The stack traces look reasonable. We’re missing the debug information for libstdc++.so, but it does not really matter. The single-frame threads with ?? likely are io_uring worker threads that I believe are running some code belonging to the Linux kernel. We can see that the buf_flush_page_cleaner() thread is in an unbounded wait, that is, there is no buffer pool flushing going on. I also see that the shutdown is trying to reset the watchdog timer:

	srv_shutdown_state = SRV_SHUTDOWN_CLEANUP;

	if (srv_buffer_pool_dump_at_shutdown &&

		!srv_read_only_mode && srv_fast_shutdown < 2) {

		buf_dump_start();

	}

	srv_monitor_timer.reset();

	if (do_srv_shutdown) {

		srv_shutdown(srv_fast_shutdown == 0);

	}

loop:

Only after the loop: label would the shutdown start the final buffer pool flush. First I was suspecting some kind of a glitch around the srv_monitor_timer.reset() call, but it seems to me that the cause would seem to be elsewhere:

void dict_sys_t::lock_wait(SRW_LOCK_ARGS(const char *file, unsigned line)) noexcept

{

  ulonglong now= my_hrtime_coarse().val, old= 0;

  if (latch_ex_wait_start.compare_exchange_strong

      (old, now, std::memory_order_relaxed, std::memory_order_relaxed))

  {

    latch.wr_lock(SRW_LOCK_ARGS(file, line));

    latch_ex_wait_start.store(0, std::memory_order_relaxed);

    return;

  }

  // …

  latch.wr_lock(SRW_LOCK_ARGS(file, line));

}

This function is not always resetting the latch_ex_wait_start to disable the watchdog kill. If I remember correctly, my reasoning was that there could be multiple threads waiting for an exclusive dict_sys.latch, and we would want to preserve the time when the first pending wait started. The idea is that the thread that is blocked in the early return code path would reset the field. I can easily see that we could miss some hangs, but it is not obvious to me how we could get a false alarm like the one that you reproduced.

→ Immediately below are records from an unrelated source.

//! The nodes of a grown network and the links between them.
ghost use Rattle.std.specs.Prelude.{◌≡◌, ◌<◌, ◌≤◌};
ghost use Rattle.grown_network.specs.Nodes.{above, down_end, end_of, home, up_end};
ghost use Rattle.script_words.specs.Addresses.{of_bytes};

use rsvp_base::{Addr, Iface};
use tree_model::End;

/// How many nodes there are.
pub(crate) const NODES: u16 = 64;

/// The node on which a node hangs, from 1 on.
pub(crate) fn above(node: u16) -> u16
    requires { 1 ≤ node }
    ensures { result ≡ above node }
{
    (node - 1) / 2
}

/// The number of the upper end of the link of a node.
pub(crate) fn down_end(node: u16) -> u16
    requires { 1 ≤ node × (node < 64) }
    ensures { result ≡ down_end node }
{
    2 * (node - 1)
}

/// The number of its lower end.
pub(crate) fn up_end(node: u16) -> u16
    requires { 1 ≤ node × (node < 64) }
    ensures { result ≡ up_end node }
{
    2 * (node - 1) + 1
}

/// The address 10.1.node.host.
pub(crate) fn address(node: u16, host: u8) -> Addr
    requires { node < 64 }
    ensures { result ≡ of_bytes 10 1 node host }
{
    Addr(0x0a01_0000 + u32::from(node) * 256 + u32::from(host))
}

/// The address of a node: that of its upward end, and of its first downward end where it has none.
pub(crate) fn home(node: u16) -> Addr
    requires { node < 64 }
    ensures { result ≡ home node }
{
    if node == 0 {
        address(1, 1)
    } else {
        address(node, 2)
    }
}

/// An end of a node, with this address.
pub(crate) fn end_of(node: u16, addr: Addr) -> End
    ensures { result ≡ end_of node addr }
{
    End {
        node,
        iface: Iface {
            addr,
            capacity: 70_000_000,
            mtu: 1500,
            latency: 0,
        },
    }
}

To fix this, we will need a better data structure that can represent the start time of each pending wait. Maybe even a wait queue, to enforce FIFO ordering of the exclusive latch waits.

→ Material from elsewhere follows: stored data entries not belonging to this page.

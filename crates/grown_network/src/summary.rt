//! Summaries and their texts.
ghost use Rattle.std.specs.Prelude.{◌≡◌, ◌++◌, OnOk};
ghost use Rattle.std.specs.Fmt.{decimal};
ghost use Rattle.network_model.specs.DemandTexts.{yes_or_no};
ghost use Rattle.grown_network.specs.Texts.{booked_line, counts_text, equal_line, network_line, rounds_line, seed_line, summary_text};

use itoa::Buffer;
use rsvp_base::NoMemory;
use value_texts::{put, put_number};

/// What the ends of a network hold.
#[derive(Clone, Copy)]
pub struct Booked {
    /// How many ends have an entry.
    pub ends: u64,
    /// How many entries all ends have.
    pub entries: u64,
    /// What these charge together, in bytes per second.
    pub held: u128,
}

/// What is told of the run of a network that a seed grows.
#[derive(Clone, Copy)]
pub struct Summary {
    pub seed: u64,
    /// How many nodes the network has.
    pub nodes: u16,
    /// How many hops its trees have together.
    pub hops: u64,
    /// The length of its longest chain of hops.
    pub longest: u32,
    /// How many rounds were run.
    pub rounds: u32,
    /// How many datagrams were delivered, or 2^64 - 1 where it is more.
    pub delivered: u64,
    /// What its ends hold at the end.
    pub booked: Booked,
    /// Whether the report at the end is the demand.
    pub equal: bool,
}

/// Appends the text of a summary. `NoMemory`: there was no room for it.
pub fn put_summary(out: &mut Vec<u8>, summary: &Summary) -> Result<(), NoMemory>
    ensures { OnOk result (out.new.items ≡ out.old.items ++ summary_text summary.now) }
{
    put_seed(out, summary.seed)?;
    put_network(out, summary.nodes, summary.hops, summary.longest)?;
    put_rounds(out, summary.rounds, summary.delivered)?;
    put_booked(
        out,
        summary.booked.ends,
        summary.booked.entries,
        summary.booked.held,
    )?;
    put_equal(out, summary.equal)
}

// Appends the first line, as `seed 1`.
#[tactic(auto, unfolding(crate::specs::Texts::seed_line))]
fn put_seed(out: &mut Vec<u8>, seed: u64) -> Result<(), NoMemory>
    ensures { OnOk result (out.new.items ≡ out.old.items ++ seed_line seed) }
{
    put(out, b"seed ")?;
    put_number(out, seed)?;
    put(out, b"\n")
}

// Appends the line of the network, as `nodes 64 hops 756 longest 11`.
#[tactic(auto, unfolding(crate::specs::Texts::network_line))]
fn put_network(out: &mut Vec<u8>, nodes: u16, hops: u64, longest: u32) -> Result<(), NoMemory>
    ensures { OnOk result (out.new.items ≡ out.old.items ++ network_line nodes hops longest) }
{
    put(out, b"nodes ")?;
    put_number(out, u64::from(nodes))?;
    put(out, b" hops ")?;
    put_number(out, hops)?;
    put(out, b" longest ")?;
    put_number(out, u64::from(longest))?;
    put(out, b"\n")
}

// Appends the line of the run, as `rounds 192 delivered 363000`.
#[tactic(auto, unfolding(crate::specs::Texts::rounds_line))]
fn put_rounds(out: &mut Vec<u8>, rounds: u32, delivered: u64) -> Result<(), NoMemory>
    ensures { OnOk result (out.new.items ≡ out.old.items ++ rounds_line rounds delivered) }
{
    put(out, b"rounds ")?;
    put_number(out, u64::from(rounds))?;
    put(out, b" delivered ")?;
    put_number(out, delivered)?;
    put(out, b"\n")
}

// Appends the line of what is booked, as `booked ends 120 entries 500 held 900000`.
#[tactic(auto, unfolding(crate::specs::Texts::booked_line))]
fn put_booked(out: &mut Vec<u8>, ends: u64, entries: u64, held: u128) -> Result<(), NoMemory>
    ensures { OnOk result (out.new.items ≡ out.old.items ++ booked_line ends entries held) }
{
    put_counts(out, ends, entries)?;
    put(out, b" held ")?;
    put_sum(out, held)?;
    put(out, b"\n")
}

// Appends its front, as `booked ends 120 entries 500`.
fn put_counts(out: &mut Vec<u8>, ends: u64, entries: u64) -> Result<(), NoMemory>
    ensures { OnOk result (out.new.items ≡ out.old.items ++ counts_text ends entries) }
{
    put(out, b"booked ends ")?;
    put_number(out, ends)?;
    put(out, b" entries ")?;
    put_number(out, entries)
}

// Appends the last line, as `equal yes`.
fn put_equal(out: &mut Vec<u8>, equal: bool) -> Result<(), NoMemory>
    ensures { OnOk result (out.new.items ≡ out.old.items ++ equal_line equal) }
{
    put(out, b"equal ")?;
    put(out, yes_or_no(equal))?;
    put(out, b"\n")
}

fn yes_or_no(yes: bool) -> &'static [u8]
    ensures { result.now ≡ yes_or_no yes }
{
    if yes { b"yes" } else { b"no" }
}

// Appends a sum in decimal digits.
fn put_sum(out: &mut Vec<u8>, sum: u128) -> Result<(), NoMemory>
    ensures { OnOk result (out.new.items ≡ out.old.items ++ decimal sum) }
{
    let mut buffer = Buffer::new();
    put(out, buffer.format(sum).as_bytes())
}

Maybe we should just allow innodb_fatal_semaphore_wait=0 to disable this watchdog altogether? After all, we want to make the dict_sys.latch less contended (MDEV-33594, MDEV-34988, MDEV-34999, MDEV-35436), and as a result of those changes, this watchdog would lose its effectiveness. Most recent hangs that we have analyzed have occurred because of the buffer pool. Maybe we should implement another watchdog there, such as make MDEV-36226 observe innodb_fatal_semaphore_wait?

For the record, I was not keen to implement any replacement for the infamous A long semaphore wait watchdog. In fact, when I removed the sync_array in MDEV-21452 I initially simply removed it and then implemented a replacement, which was revised in MDEV-24258. Some colleagues in QA and support insisted that we retain something to catch hangs, and I thought that covering only the dict_sys.latch could be a good enough approximation.

This was reported in Debian as https://bugs.debian.org/cgi-bin/bugreport.cgi?bug=1101340

For the record, MDEV-34863 disables the memory pressure event handling by default.